Oberlehrerhafte Ergüsse eines selbsternannten Filmpädagogen




Foto

Fontane Effi Briest



Rainer Werner Fasbinder gehört zwar nicht unbedingt zu meinen Lieblingsregisseuren, sicherlich aber zu den bedeutendsten deutschen Regisseuren, und wenn eine solche Größe sich dann noch eines Meisterwerks des von mir hoch geschätzten Theodor Fontane annimmt, dann ist das natürlich ein Film, den ich sehen mußte; dies um so mehr, weil ich bisher nur eine Verfilmung von Effi Briest zu sehen bekommen habe, ein 50er-Jahre-Filmchen mit Ruth Leuwerik, das sogar noch kitschiger ist als es der Titel Rosen im Herbst schon befürchten läßt und Fontane überhaupt nicht gerecht wird - da hoffte ich natürlich, daß Fassbinder es deutlich besser gemacht hat.
Und ich hoffte nicht vergebens.Fontane Effi Briest oder Viele, die eine Ahnung haben von ihren Möglichkeiten und ihren Bedürfnissen und trotzdem das herrschende System in ihrem Kopf akzeptieren durch ihre Taten und es somit festigen und durchaus bestätigen ist eine sehr werkgetreue, wenn auch nicht leicht zugängliche Verfilmung: eigentlich sollte man gar nicht so sehr von Verfilmung sprechen, sondern eher von einem "visuellen Lesen", das Fassbinder mit dem Roman betreibt, denn er verzichtet nicht nur auf dramaturgische Zuspitzungen, sondern arbeitet auch mit einem Off-Erzähler, von dem man Sätze hört, die direkt aus dem Roman übernommen sind, mit Inserts und Weißblenden.
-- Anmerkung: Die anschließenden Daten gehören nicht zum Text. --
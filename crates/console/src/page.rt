//! A page: words, and places for facts, which are filled in from a mirror.
ghost use Rattle.std.specs.Prelude.{◌≡◌, ◌∷◌, ◌++◌, [], IfErr, IfOk, OnOk, slice_get};
ghost use Rattle.mirror.specs.Kept.{facts_of};
ghost use Rattle.console.specs.Private.Pages as spec;
ghost use Rattle.console.specs.Screens.{listed};

use crate::piece::{Form, Listed, Piece, Tone};
use facts::BreakInfo;
use mirror::Mirror;
use std::alloc::{AllocError, Global};
use std::mem;

// The last address at which a word fits.
const LAST_WORD: u32 = 0xffff_fffc;

/// A part of a page: words, or the place of a fact.
#[derive(Drop)]
pub(crate) enum Part {
    Words(Tone, String),
    Run,
    Register(Form, u32),
    Word(u32),
    Byte(u32),
    Frame(u32),
    Break(Listed, usize),
}

/// What is to be shown.
#[derive(Drop)]
pub(crate) struct Page {
    alloc: Global,
    parts: Vec<Part>,
}

impl Page {
    /// An empty one. It takes no memory.
    pub(crate) fn new(alloc: Global) -> Page
        ensures { result.parts.items ≡ [] }
    {
        Page {
            alloc,
            parts: Vec::new(alloc),
        }
    }

    /// Words are added. It fails where no memory is left, and then they are not.
    pub(crate) fn say(&mut self, tone: Tone, words: &str) -> Result<(), AllocError>
        ensures words { OnOk result (spec.HaveWords tone words.now
            self.old.parts.items self.new.parts.items) }
        ensures on_error { IfErr result (λ e. self.new.parts.items ≡ self.old.parts.items) }
    {
        let words = String::from_str(self.alloc, words)?;
        self.put(Part::Words(tone, words))
    }

    /// A part is added. It fails where no memory is left, and then it is not.
    pub(crate) fn put(&mut self, part: Part) -> Result<(), AllocError>
        ensures part { OnOk result (self.new.parts.items ≡ self.old.parts.items ++ part ∷ []) }
        ensures on_error { IfErr result (λ e. self.new.parts.items ≡ self.old.parts.items) }
    {
        self.parts.push(part)?;
        Ok(())
    }

    /// The parts, which are its no more.
    pub(crate) fn take(&mut self) -> Vec<Part>
        ensures parts { result.items ≡ self.old.parts.items }
        ensures left { self.new.parts.items ≡ [] }
    {
        mem::replace(&mut self.parts, Vec::new(self.alloc))
    }
}

/// What is shown, piece by piece.
#[derive(Drop)]
pub struct Screen {
    pieces: Vec<Piece>,
}

impl Screen {
    /// The pieces, in order.
    pub fn pieces(&self) -> &[Piece]
        ensures { result.now ≡ self.now.pieces.items }
    {
        self.pieces.as_slice()
    }
}

/// The parts of a page with the facts that a mirror has, for the program in the file of this path. It fails where no memory is left.
pub(crate) fn filled(
    alloc: Global,
    mirror: &Mirror,
    path: &[u8],
    parts: Vec<Part>,
) -> Result<Screen, AllocError>
    ensures { IfOk result (λ screen. screen.pieces.items
        ≡ spec.pieces_of path.now (facts_of mirror.now.known) parts.items) }
{
    let known = Known { mirror, path };
    let mut pieces = Vec::new(alloc);
    for part in parts {
        pieces.push(known.piece(part)?)?;
    }
    Ok(Screen { pieces })
}

/// What fills the places for facts.
#[derive(Clone, Copy)]
struct Known<'a> {
    mirror: &'a Mirror,
    path: &'a [u8],
}

impl Known<'_> {
    // The piece that a part becomes.
    fn piece(&self, part: Part) -> Result<Piece, AllocError>
        ensures { IfOk result (λ it.
            it ≡ spec.piece_of self.now.path.now (facts_of self.now.mirror.now.known) part) }
    {
        match part {
            Part::Words(tone, words) => Ok(Piece::Words(tone, words)),
            Part::Run => Ok(Piece::Run(self.mirror.run())),
            Part::Register(form, number) => Ok(self.register(form, number)),
            Part::Word(address) => Ok(self.word(address)),
            Part::Byte(address) => Ok(self.byte(address)),
            Part::Frame(index) => self.frame(index),
            Part::Break(list, index) => Ok(self.found(list, index)),
        }
    }

    fn register(&self, form: Form, number: u32) -> Piece
        ensures { result ≡ spec.piece_of
            self.now.path.now (facts_of self.now.mirror.now.known) (Part.Register form number) }
    {
        match self.mirror.register(number) {
            Some(value) => Piece::Register(form, number, value),
            None => Piece::Unknown,
        }
    }

    fn word(&self, address: u32) -> Piece
        ensures { result ≡ spec.piece_of
            self.now.path.now (facts_of self.now.mirror.now.known) (Part.Word address) }
    {
        match word_at(self.mirror, address) {
            Some((first, second, third, fourth)) => {
                Piece::Word(address, first, second, third, fourth)
            }
            None => Piece::Unknown,
        }
    }

    fn byte(&self, address: u32) -> Piece
        ensures { result ≡ spec.piece_of
            self.now.path.now (facts_of self.now.mirror.now.known) (Part.Byte address) }
    {
        match self.mirror.byte(address) {
            Some(value) => Piece::Byte(address, value),
            None => Piece::Unknown,
        }
    }

    fn frame(&self, index: u32) -> Result<Piece, AllocError>
        ensures { IfOk result (λ it. it ≡ spec.piece_of
            self.now.path.now (facts_of self.now.mirror.now.known) (Part.Frame index)) }
    {
        match self.mirror.frame(index) {
            Some(frame) => Ok(Piece::Frame(index, frame.clone()?)),
            None => Ok(Piece::Unknown),
        }
    }

    fn found(&self, list: Listed, index: usize) -> Piece
        ensures { result ≡ spec.piece_of
            self.now.path.now (facts_of self.now.mirror.now.known) (Part.Break list index) }
    {
        match break_in(self.mirror, self.path, list, index) {
            Some(found) => Piece::Break(list, index, found),
            None => Piece::Unknown,
        }
    }
}

/// The bytes of the word at an address, if all are known.
pub(crate) fn word_at(mirror: &Mirror, address: u32) -> Option<(u8, u8, u8, u8)>
    ensures { result ≡ spec.word_at (facts_of mirror.now.known) address }
{
    if address > LAST_WORD {
        return None;
    }
    Some((
        mirror.byte(address)?,
        mirror.byte(address + 1)?,
        mirror.byte(address + 2)?,
        mirror.byte(address + 3)?,
    ))
}

// The breakpoint at an index of a list, if it is known.
fn break_in(mirror: &Mirror, path: &[u8], list: Listed, index: usize) -> Option<BreakInfo>
    ensures { result ≡ slice_get (listed path.now (facts_of mirror.now.known) list) index }
{
    match list {
        Listed::Source => mirror.source_break(path, index),
        Listed::Instructions => mirror.instruction_break(index),
        Listed::Functions => mirror.function_break(index),
    }
}
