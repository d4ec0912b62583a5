//! Words as texts: `0x` and eight hexadecimal digits.
ghost use Rattle.std.specs.Prelude.{◌≡◌, ◌<◌, OnOk};
ghost use Rattle.serde_json.specs.Data.{string};
ghost use Rattle.message_parts.specs.Addresses.{address_text, hex_digit, word_in};
ghost use Rattle.message_parts.specs.Written.{IsWritten};

use json::Writer;
use std::alloc::AllocError;
use std::str;

/// The word as a text.
pub(crate) fn write(out: &mut Writer, word: u32) -> Result<(), AllocError>
    ensures { OnOk result (IsWritten out.old out.new (string (address_text word))) }
{
    match str::from_utf8(&text_of(word)) {
        Ok(text) => out.string(text),
        Err(_) => unreachable!(),
    }
}

fn text_of(word: u32) -> [u8; 10]
    ensures { result ≡ address_text word }
{
    [
        b'0',
        b'x',
        hex_digit(word >> 28),
        hex_digit(word >> 24 & 15),
        hex_digit(word >> 20 & 15),
        hex_digit(word >> 16 & 15),
        hex_digit(word >> 12 & 15),
        hex_digit(word >> 8 & 15),
        hex_digit(word >> 4 & 15),
        hex_digit(word & 15),
    ]
}

/// A hexadecimal digit, in small letters.
pub(crate) fn hex_digit(digit: u32) -> u8
    requires { digit < 16 }
    ensures { result ≡ hex_digit digit }
{
    if digit < 10 {
        digit as u8 + b'0'
    } else {
        digit as u8 + (b'a' - 10)
    }
}

/// The word that a text is taken for: a whole number, decimal or `0x` and hexadecimal digits, that
/// 32 bits hold.
pub(crate) fn word_in(text: &[u8]) -> Option<u32>
    ensures { result ≡ word_in text.now }
{
    match numerals::magnitude(text) {
        Ok(word) => Some(word),
        Err(_) => None,
    }
}
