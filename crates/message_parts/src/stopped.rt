//! The body of the event `stopped`: why the machine stopped.
ghost use Rattle.std.specs.Prelude.{◌≡◌};
ghost use Rattle.protocol.specs.Arguments.{Reads};
ghost use Rattle.message_parts.specs.Forms.{first_named};
ghost use Rattle.message_parts.specs.Stopped.{reason_name, reasons};

use crate::members::{ALL_THREADS_STOPPED, HIT_BREAKPOINT_IDS, REASON, TEXT, THREAD_ID};
use crate::part::Part;
use crate::{find, member};
use json::Writer;
use protocol::{Entries, Text, Unread};
use serde_json::Value;
use std::alloc::{AllocError, Global};

/// A stop of the machine (`StoppedEvent`).
#[derive(Drop)]
pub struct Stopped {
    /// The numbers of the breakpoints that stopped it. The member is absent where there are none.
    pub hit_breakpoint_ids: Entries<u32>,
    /// Why it stopped.
    pub reason: Reason,
    /// What more is to say of the reason. Absent: nothing.
    pub text: Option<Text>,
}

/// Why the machine stopped (`StoppedEvent.body.reason`).
#[derive(Clone, Copy, Debug, PartialEq, Eq)]
pub enum Reason {
    /// The program is loaded, and was to stop at its entry.
    Entry,
    /// A step has come to its end.
    Step,
    /// A breakpoint of a source, or an instruction that is one.
    Breakpoint,
    /// A breakpoint at an instruction.
    InstructionBreakpoint,
    /// A breakpoint at a function.
    FunctionBreakpoint,
    /// An instruction failed, or a limit is reached.
    Exception,
    /// It was told to.
    Pause,
}

const ENTRY: &str = "entry";

const STEP: &str = "step";

const BREAKPOINT: &str = "breakpoint";

const INSTRUCTION_BREAKPOINT: &str = "instruction breakpoint";

const FUNCTION_BREAKPOINT: &str = "function breakpoint";

const EXCEPTION: &str = "exception";

const PAUSE: &str = "pause";

impl Reason {
    /// Its name in a message.
    pub fn name(self) -> &'static str
        ensures { result.now ≡ reason_name self }
    {
        match self {
            Reason::Entry => ENTRY,
            Reason::Step => STEP,
            Reason::Breakpoint => BREAKPOINT,
            Reason::InstructionBreakpoint => INSTRUCTION_BREAKPOINT,
            Reason::FunctionBreakpoint => FUNCTION_BREAKPOINT,
            Reason::Exception => EXCEPTION,
            Reason::Pause => PAUSE,
        }
    }
}

/// The reason of that name; `Bad` where there is none.
fn named(name: &str) -> Result<Reason, Unread>
    ensures { Reads result (first_named reason_name reasons name.now) }
{
    match name {
        ENTRY => Ok(Reason::Entry),
        STEP => Ok(Reason::Step),
        BREAKPOINT => Ok(Reason::Breakpoint),
        INSTRUCTION_BREAKPOINT => Ok(Reason::InstructionBreakpoint),
        FUNCTION_BREAKPOINT => Ok(Reason::FunctionBreakpoint),
        EXCEPTION => Ok(Reason::Exception),
        PAUSE => Ok(Reason::Pause),
        _ => Err(Unread::Bad),
    }
}

impl Part for Reason {
    ghost use Rattle.message_parts.specs.Stopped.{reason};

    ghost form = { reason };

    fn write(&self, out: &mut Writer) -> Result<(), AllocError> {
        out.string(self.name())
    }

    fn read(_alloc: Global, value: &Value) -> Result<Reason, Unread> {
        named(value.as_str().ok_or(Unread::Bad)?)
    }
}

impl Part for Stopped {
    ghost use Rattle.message_parts.specs.Stopped.{stopped};

    ghost form = { stopped };

    fn write(&self, out: &mut Writer) -> Result<(), AllocError> {
        out.begin_object()?;
        member::truth(out, ALL_THREADS_STOPPED, true)?;
        member::unless_empty(out, HIT_BREAKPOINT_IDS, &self.hit_breakpoint_ids)?;
        member::part(out, REASON, &self.reason)?;
        member::part_if(out, TEXT, &self.text)?;
        member::number(out, THREAD_ID, 1)?;
        out.end_object()
    }

    fn read(alloc: Global, value: &Value) -> Result<Stopped, Unread> {
        Ok(Stopped {
            hit_breakpoint_ids: find::unless_empty(alloc, value, HIT_BREAKPOINT_IDS)?,
            reason: find::part(alloc, value, REASON)?,
            text: find::part_if(alloc, value, TEXT)?,
        })
    }
}
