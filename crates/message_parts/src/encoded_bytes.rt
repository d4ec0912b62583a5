//! Bytes in base64, with padding (RFC 4648, section 4).
ghost use Rattle.std.specs.Prelude.{OnOk, option_and_then};
ghost use Rattle.base64.specs.Engines.{standard};
ghost use Rattle.base64.specs.GeneralPurpose.{encode_of};
ghost use Rattle.protocol.specs.Arguments.{Reads};
ghost use Rattle.serde_json.specs.Data.{member, no_members, string};
ghost use Rattle.serde_json.specs.Find.{get};
ghost use Rattle.serde_json.specs.View.{view};
ghost use Rattle.message_parts.specs.EncodedBytes.{bytes_in, encoded_bytes};
ghost use Rattle.message_parts.specs.Written.{AreWritten, IsWritten};

use base64::DecodeAllocError;
use base64::engine::general_purpose::STANDARD;
use byte_strings::Bytes;
use json::Writer;
use protocol::Unread;
use serde_json::Value;
use std::alloc::{AllocError, Global};

/// Writes a member of this name that is bytes. It fails where no memory is left, and then the writer is of no more use.
pub fn member(alloc: Global, out: &mut Writer, name: &str, bytes: &Bytes) -> Result<(), AllocError>
    ensures { OnOk result (AreWritten out.old out.new
        (member name.now (encoded_bytes.value bytes.now) no_members)) }
{
    out.key(name)?;
    write(alloc, out, bytes.as_slice())
}

/// The member that is bytes; `Bad` where it is none.
pub(crate) fn find(alloc: Global, value: &Value, name: &str) -> Result<Bytes, Unread>
    ensures { Reads result (option_and_then encoded_bytes.found (get name.now (view value.now))) }
{
    let text = value.get(name).and_then(Value::as_str).ok_or(Unread::Bad)?;
    bytes_in(alloc, text)
}

/// Bytes as text.
fn write(alloc: Global, out: &mut Writer, bytes: &[u8]) -> Result<(), AllocError>
    ensures { OnOk result (IsWritten out.old out.new (string (encode_of standard bytes.now))) }
{
    let text = STANDARD.encode(alloc, bytes)?;
    out.string(text.as_str())
}

/// The bytes that a text spells; `Bad` where it spells none.
fn bytes_in(alloc: Global, text: &str) -> Result<Bytes, Unread>
    ensures { Reads result (bytes_in text.now) }
{
    match STANDARD.decode(alloc, text.as_bytes()) {
        Ok(bytes) => Ok(Bytes::from_vec(bytes)),
        Err(DecodeAllocError::DecodeError(_)) => Err(Unread::Bad),
        Err(DecodeAllocError::OutOfMemory) => Err(Unread::NoMemory),
    }
}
An sich alles Dinge, die ich bei Romanverfilmungen nicht besonders schätze. Aber das erstaunliche daran - und daran zeigt sich eben auch die Größe Fassbinders - ist der Umstand, daß das funktioniert. Es funktioniert z.B. deshalb, weil oftmals die Sätze des Erzählers eben nicht einfach das Bild beschreiben, sondern zu diesem oft sogar in einem Spannungsverhältnis stehen. Es funktioniert aber auch, weil das Thema der einengenden gesellschaftlichen Konventionen großartig im Bild umgesetzt wird, die Figuren (nicht nur Effi, auch Instetten und die anderen Charaktere) wirken wie in einem Käfig Eingesperrte, und daher ist in diesem Film auch nur wenig Raum für Bewegungen der Kamera. So zeigt Fassbinder seine Protagonistin als Opfer der Verhältnisse, aber eben auch, daß ihr die Kraft fehlt, wirklich aus diesen auszubrechen (wobei sie darin freilich nicht die einzige ist). Es sei eingestanden: Fontane Effi Briest ist durch seinen Stil ein sperriger Film, der es dem Zuschauer nicht gerade einfach macht. Das sehe ich aber durchaus positiv, denn Effi Briest ist kein gefälliger Roman. Eine Verfilmung darf es daher auch nicht sein.